Just because you have a high opinion of a company doesn’t necessarily mean you should own its stock.
Some financial analysts may advise you to “buy what you know,” but that could also lead to problems for your portfolio. You may be stuck with lackluster stocks if you don’t do your research or haven’t learned how to invest money.
Due to the pandemic and its aftermath, some well-known companies have been struggling lately. So, before you buy shares on a name alone, here are a few companies you may want to be wary of.
Bed Bath & Beyond (NASDAQ: BBBY)
Bed Bath & Beyond has had several factors working against it in recent months. It recently announced that it will be closing 150 stores across the country and cutting its workforce by 20%.
However, the stock had a big boost by becoming a meme stock, which means it became popular to buy due to social media buzz.
But social media buzz doesn’t usually take fundamentals into account. Bed Bath & Beyond’s stock has seen an increase in volume due to the attention, but shares are floundering again and are down almost 50% in 2022.
Robinhood Markets (NASDAQ: HOOD)
Robinhood was once the darling of day traders who were at home due to COVID-19 pandemic protocols or layoffs. But its popularity slowed down last year after a number of issues, including restrictions on stock trading.
Robinhood recently announced employee layoffs and settled a class-action lawsuit related to a 2020 data breach. Shares are down about 44% so far this year.
Coinbase Global (NASDAQ: COIN)
A drop in cryptocurrency markets has caused issues for Coinbase Global. The company — which helps crypto investors buy, sell, and hold cryptocurrency — has been hurt as cryptocurrencies such as Bitcoin and Ethereum declined in value.
That drop may be less than appealing to some traders, who have turned away from crypto and companies like Coinbase.
DocuSign (NASDAQ: DOCU)
DocuSign, which allows users to sign documents electronically, grew at a rapid pace during the work-from-home period due to COVID-19.
Since then, the company has been struggling with a slowdown in growth and its share price has dropped accordingly. Then, this summer, the company's CEO resigned. Shares are down more than 60% year to date.
Peloton (NASDAQ: PTON)
Peloton is another pandemic stock that has been struggling as users go back to the office or gym. The exercise equipment company may have grown too fast, leading to excess inventory.
A recent recall of the company’s treadmills could also be hurting the company’s revenue. In December 2020, the stock was trading at around $160 a share. Now, the exercise equipment company is around $10 a share.
Shopify (NYSE: SHOP)
Shopify offers business management tools for businesses, including marketing, inventory management, payments, and shipping. It grew during the pandemic as small businesses sought ways to serve customers online.
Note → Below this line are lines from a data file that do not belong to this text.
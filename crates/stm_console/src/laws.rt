//! What holds of the exit statuses, and the laws of `stm_command_line`: what holds of the words.

ghost use Rattle.stm_console.specs.StatusLaws.{WordsAskForThis, StatusesAreFew, RefusedDoNothing, RequestsAreTaken, OnlyJudgesFindWrong, WrongFilesDoNothing, DoneRunsAnswer, DoneFilesAnswer, DoneStormsReport, DoneExplorationsAreRight, DoneVersionsAreWritten, OtherRunsWriteAPart, OtherFilesWriteAPart, OtherChecksWriteAPart, OtherVersionsWriteAPart, InvalidStormsWriteNothing, InvalidExplorationsWriteNothing};

pub use stm_command_line::laws::{
    numbers_in_range_are_taken, options_come_once_after_run, versions_are_asked_for,
    words_of_a_check_are_accepted, words_of_a_run_are_accepted,
    words_of_a_storm_are_those_of_a_run,
};

/// What the program is asked for, by what clap prints of its words: their request if that is nothing, else help, the version, or that they
/// are wrong; or, of the word `help` and what follows it, one of several things.
pub fn words_ask_for_this()
    ensures { WordsAskForThis }
{}

/// The exit statuses are 0 to 4. After 2 nothing was read and nothing written, and words that clap takes never end with it; 3 comes
/// only from a check, a storm, an exploration, or a run on a file that has no history to go on from.
pub fn exit_statuses()
    ensures few { StatusesAreFew }
    ensures wrong_words { RefusedDoNothing }
    ensures taken { RequestsAreTaken }
    ensures judged { OnlyJudgesFindWrong }
    ensures wrong_file { WrongFilesDoNothing }
{}

/// What was written, if the exit status is 0, and if it isn't. Of an invalid script nothing was written, and the status is 1 or 4. Of
/// `check` this says only what was written if the status isn't 0, and of help and `check --why` nothing: see `ProgramDoes`.
pub fn output_by_status()
    ensures run { DoneRunsAnswer }
    ensures run_on { DoneFilesAnswer }
    ensures storm { DoneStormsReport }
    ensures exploration { DoneExplorationsAreRight }
    ensures version { DoneVersionsAreWritten }
    ensures run_part { OtherRunsWriteAPart }
    ensures run_on_part { OtherFilesWriteAPart }
    ensures check_part { OtherChecksWriteAPart }
    ensures version_part { OtherVersionsWriteAPart }
    ensures invalid_storm { InvalidStormsWriteNothing }
    ensures invalid_exploration { InvalidExplorationsWriteNothing }
{}
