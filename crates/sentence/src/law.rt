//! What is promised of the grammar.
ghost use Rattle.sentence.specs.Laws.{OneTree, TextOrRefused, NotBoth, OnePlace, SameSorts, StarRule, MachineTold, MachineTells, MachineBegins};

/// Sorts are written by one sentence at most.
pub fn law_of_spelling()
    ensures { OneTree }
{}

/// Any sorts are either a text or refused at one place.
pub fn law_of_refusal()
    ensures either { TextOrRefused }
    ensures apart { NotBoth }
    ensures once { OnePlace }
{}

/// What follows a star says whether it is the product or the closure.
pub fn law_of_stars()
    ensures same { SameSorts }
    ensures rule { StarRule }
{}

/// The machine tells a text's sentence and the place of a refusal.
pub fn law_of_machine()
    ensures told { MachineTold }
    ensures tells { MachineTells }
    ensures begins { MachineBegins }
{}
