//! Sentences: the grammar of a model text over sorts of tokens.
#![tactic(auto)]

pub mod fault;
pub mod law;
pub mod parse;
pub mod parser;
pub mod phrase;
pub mod placed;
pub mod role;
pub mod sign;
pub mod sort;
pub mod statement;
pub mod text;
pub mod tree;

pub use fault::SentenceFault;
pub use placed::Placed;
pub use sort::Sort;
pub use statement::{Sentence, Statement};
pub use text::read;
pub use tree::Expr;
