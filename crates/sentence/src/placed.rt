//! What was read of the sorts, with the place behind it.
ghost use Rattle.std.specs.Prelude.{◌≡◌};

/// Something read, and the place behind it.
#[derive(Drop)]
pub struct Placed<T> {
    pub item: T,
    pub next: usize,
}

impl<T> Placed<T> {
    /// What a function makes of what was read, with the same place behind it.
    pub fn map<U, F: FnOnce(T) -> U>(self, f: F) -> Placed<U>
        requires { F.pre f self.item }
        ensures item { F.post f self.item result.item }
        ensures next { result.next ≡ self.next }
    {
        Placed {
            item: f(self.item),
            next: self.next,
        }
    }
}
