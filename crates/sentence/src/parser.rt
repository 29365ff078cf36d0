//! The sorts that are read, and looking at the one at a place.
ghost use Rattle.std.specs.Prelude.{◌≡◌, ◌↔◌, drop, IsTrue};
ghost use Rattle.sentence.specs.Looks.{first_role, StandsAt, role_start, begins_atom, role_word, role_speech, sign_at, post_at, sign_above};

use super::role::*;
use super::sign::*;
use super::sort::Sort;
use std::alloc::Global;

// The place is no field: each clause speaks of the place before and the place behind, and a method of `&mut self` would have
// to say besides that the sorts are the same, `ensures same { IfOk result (λ _. self.new.sorts ≡ self.old.sorts) }`.
/// The sorts that are read, and the heap that what they say is built on.
#[derive(Clone, Copy)]
pub(crate) struct Parser<'a> {
    pub(crate) heap: Global,
    pub(crate) sorts: &'a [Sort],
}

impl<'a> Parser<'a> {
    /// The role of the sort at a place, none behind the end.
    fn role_at(self, at: usize) -> Option<Role>
        ensures { result ≡ first_role (drop at self.entry.sorts.now) }
    {
        self.sorts.get(at).copied().map(role_of)
    }

    /// A sort of this role stands at a place.
    // Inlined where the role is known: a role compared whole made the reading of lets half as slow again.
    #[inline(always)]
    pub(crate) fn stands(self, at: usize, role: Role) -> bool
        ensures { IsTrue result ↔ StandsAt self.entry.sorts.now at role }
    {
        self.role_at(at) == Some(role)
    }

    /// What begins an atom at a place.
    pub(crate) fn start_at(self, at: usize) -> Option<Start>
        ensures { result ≡ role_start (first_role (drop at self.entry.sorts.now)) }
    {
        match self.role_at(at) {
            Some(Role::Starts(start)) => Some(start),
            _ => None,
        }
    }

    /// An atom begins at a place.
    fn starts_at(self, at: usize) -> bool
        ensures { result ≡ begins_atom (drop at self.entry.sorts.now) }
    {
        self.start_at(at).is_some()
    }

    /// The infix sign at a place; a star is one if an atom begins behind it.
    fn infix_at(self, at: usize) -> Option<Infix>
        ensures { result ≡ sign_at self.entry.sorts.now at }
    {
        match self.role_at(at) {
            Some(Role::Goes(Go::Joins(Infix::Product))) if !self.starts_at(at + 1) => None,
            Some(Role::Goes(Go::Joins(sign))) => Some(sign),
            _ => None,
        }
    }

    /// The infix sign at a place, if it binds at least so tightly.
    pub(crate) fn infix_from(self, at: usize, rung: u8) -> Option<Infix>
        ensures { result ≡ sign_above rung (sign_at self.entry.sorts.now at) }
    {
        self.infix_at(at).filter(|sign| sign.rank() >= rung)
    }

    /// The sign behind an operand at a place; a star is one if no atom begins behind it.
    pub(crate) fn post_at(self, at: usize) -> Option<Post>
        ensures { result ≡ post_at self.entry.sorts.now at }
    {
        match self.role_at(at) {
            Some(Role::Goes(Go::Joins(Infix::Product))) if !self.starts_at(at + 1) => {
                Some(Post::Closure)
            },
            Some(Role::Goes(Go::Ends(sign))) => Some(sign),
            _ => None,
        }
    }

    /// The word of a check at a place.
    pub(crate) fn word_at(self, at: usize) -> Option<Word>
        ensures { result ≡ role_word (first_role (drop at self.entry.sorts.now)) }
    {
        match self.role_at(at) {
            Some(Role::Speaks(Speech::Words(word))) => Some(word),
            _ => None,
        }
    }

    /// The word of statements at a place.
    pub(crate) fn speech_at(self, at: usize) -> Option<Speech>
        ensures { result ≡ role_speech (first_role (drop at self.entry.sorts.now)) }
    {
        match self.role_at(at) {
            Some(Role::Speaks(speech)) => Some(speech),
            _ => None,
        }
    }
}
But shopping online has taken a hit as more consumers are going back to the office, causing a decline in Shopify’s stock price. Issues with inflation have also made shoppers skittish as they’ve cut back on discretionary spending.
Netflix (NASDAQ: NFLX)
Netflix was a pioneer when it came to streaming services with original shows, plenty of movies, and anything else you wanted to watch. But in recent years, the streaming service sector has become more crowded, leading to an increase in competition.
Consequently, Netflix recorded two quarters of subscriber losses this year, which is a first in the company’s history. The stock, which was trading at around $600 a share in November, is around $225 a share now.
Wayfair (NYSE: W)
Online furniture and home goods retailer Wayfair may not help your portfolio. The company had seen growth in recent years as people stuck at home during the pandemic decided to redecorate their spaces.
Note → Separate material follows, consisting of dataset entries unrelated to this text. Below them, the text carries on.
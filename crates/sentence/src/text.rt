//! Reading a whole text.
ghost use Rattle.sentence.specs.Reading.{ReadAs};

use super::fault::SentenceFault;
use super::parser::Parser;
use super::role::{Role, Speech};
use super::sort::Sort;
use super::statement::*;
use std::alloc::Global;

/// Reads sorts as a sentence: accepted exactly when they are a text, with its one sentence; else refused at the first
/// sort that no text has there, or at the end of what only begins a text.
pub fn read(heap: Global, sorts: &[Sort]) -> Result<Sentence, SentenceFault>
    ensures { ReadAs sorts.now result }
{
    let parser = Parser { heap, sorts };
    let titled = parser.stands(0, Role::Speaks(Speech::Titles));
    let mut at = usize::from(titled);
    let mut statements: Vec<Statement> = Vec::new(heap);
    // Each statement says where the next one begins, and may refuse.
    while at < sorts.len() {
        let said = parser.statement(at)?;
        statements.push(said.item)?;
        at = said.next;
    }
    Ok(Sentence { titled, statements })
}
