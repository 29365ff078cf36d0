//! Roles: what a sort can do where it stands.
ghost use Rattle.std.specs.Prelude.{◌≡◌};
ghost use Rattle.sentence.specs.Roles.{role};

use super::sign::*;
use super::sort::Sort;

/// What begins an atom.
#[derive(Clone, Copy, PartialEq, Eq, Debug)]
pub enum Start {
    Leaf(Leaf),
    Opens(Bracket),
}

/// What goes on behind an expression.
#[derive(Clone, Copy, PartialEq, Eq, Debug)]
pub enum Go {
    Closes(Bracket),
    Joins(Infix),
    Ends(Post),
}

/// What is a word of statements.
#[derive(Clone, Copy, PartialEq, Eq, Debug)]
pub enum Speech {
    Titles,
    Lets,
    Recs,
    Ands,
    Flags,
    Labels,
    Equals,
    Words(Word),
}

/// The role of a sort.
#[derive(Clone, Copy, PartialEq, Eq, Debug)]
pub enum Role {
    Starts(Start),
    Goes(Go),
    Complements,
    Speaks(Speech),
}

/// The role of each sort; a star is told apart later.
pub(crate) fn role_of(sort: Sort) -> Role
    ensures { result ≡ role sort }
{
    match sort {
        Sort::Name => Role::Starts(Start::Leaf(Leaf::Name)),
        Sort::Title => Role::Speaks(Speech::Titles),
        Sort::Let => Role::Speaks(Speech::Lets),
        Sort::Rec => Role::Speaks(Speech::Recs),
        Sort::And => Role::Speaks(Speech::Ands),
        Sort::Acyclic => Role::Speaks(Speech::Words(Word::Acyclic)),
        Sort::Irreflexive => Role::Speaks(Speech::Words(Word::Irreflexive)),
        Sort::Empty => Role::Speaks(Speech::Words(Word::Empty)),
        Sort::Flag => Role::Speaks(Speech::Flags),
        Sort::As => Role::Speaks(Speech::Labels),
        Sort::Universe => Role::Starts(Start::Leaf(Leaf::Universe)),
        Sort::NoPairs => Role::Starts(Start::Leaf(Leaf::NoPairs)),
        Sort::NoEvents => Role::Starts(Start::Leaf(Leaf::NoEvents)),
        Sort::Inverse => Role::Goes(Go::Ends(Post::Inverse)),
        Sort::Open => Role::Starts(Start::Opens(Bracket::Round)),
        Sort::Close => Role::Goes(Go::Closes(Bracket::Round)),
        Sort::OpenSquare => Role::Starts(Start::Opens(Bracket::Square)),
        Sort::CloseSquare => Role::Goes(Go::Closes(Bracket::Square)),
        Sort::Bar => Role::Goes(Go::Joins(Infix::Bar)),
        Sort::Semicolon => Role::Goes(Go::Joins(Infix::Semicolon)),
        Sort::Backslash => Role::Goes(Go::Joins(Infix::Backslash)),
        Sort::Ampersand => Role::Goes(Go::Joins(Infix::Ampersand)),
        Sort::Star => Role::Goes(Go::Joins(Infix::Product)),
        Sort::Tilde => Role::Complements,
        Sort::Plus => Role::Goes(Go::Ends(Post::Plus)),
        Sort::Question => Role::Goes(Go::Ends(Post::Question)),
        Sort::Equals => Role::Speaks(Speech::Equals),
    }
}
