//! Statements and sentences.
use super::sign::Word;
use super::tree::Expr;

/// A name, by its place, and its expression.
#[derive(Drop)]
pub struct Binding {
    pub name: usize,
    pub tree: Expr,
}

/// A check has neither flag nor label, a label, or a flag and a label.
#[derive(Clone, Copy, Drop, PartialEq, Eq, Debug)]
pub enum Mark<L> {
    Plain,
    Labelled(L),
    Flagged(L),
}

/// A check; its mark has the place of its label.
#[derive(Drop)]
pub struct Check {
    pub mark: Mark<usize>,
    pub negated: bool,
    pub word: Word,
    pub tree: Expr,
}

/// A statement: a let, a let rec group, or a check.
#[derive(Drop)]
pub enum Statement {
    Let(Binding),
    Group(Binding, Vec<Binding>),
    Check(Check),
}

/// A whole text.
#[derive(Drop)]
pub struct Sentence {
    pub titled: bool,
    pub statements: Vec<Statement>,
}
But sales have slowed down in recent quarters and the company is trying to cut costs now, including laying off 5% of its workforce.
AMC Entertainment (NYSE: AMC)
Movie theater chain AMC was another meme stock that received a boost last year after becoming popular on social media and online message boards. But issues facing the entertainment industry have been driving it down.
The summer movie season may have fizzled with fewer movies in theaters due to production slowdowns during the pandemic and fewer moviegoers returning to theaters.
The company is also dealing with a lot of debt on its balance sheet, which is riskier with rising interest rates.
Your company’s stock
One of the best stocks you may know might be your own employer’s shares. But if you’re thinking you can retire early with shares from your employer, you may want to take another look at your financial portfolio.
Stocks and stock options might be a good benefit in your employment package, but you don’t want to hold too much of it. It may be a good move to sell some of your company stock and buy other investments to diversify your portfolio. You don’t want to be stuck with worthless stock if something happens to your company.
Pro tip: If you plan on selling stocks you own in your current employer, check with human resources or someone within the company who can advise you on stock sales. There may be limits on when you can sell stock or how much you can sell.
Now that you know which stocks to avoid, or at least to research before you buy, think about choosing an online brokerage account or find a financial planner to help you determine the stocks that are right for your needs.
You may also want to consider additional options such as a high-yield savings account, real estate, or other investments to create a diverse portfolio.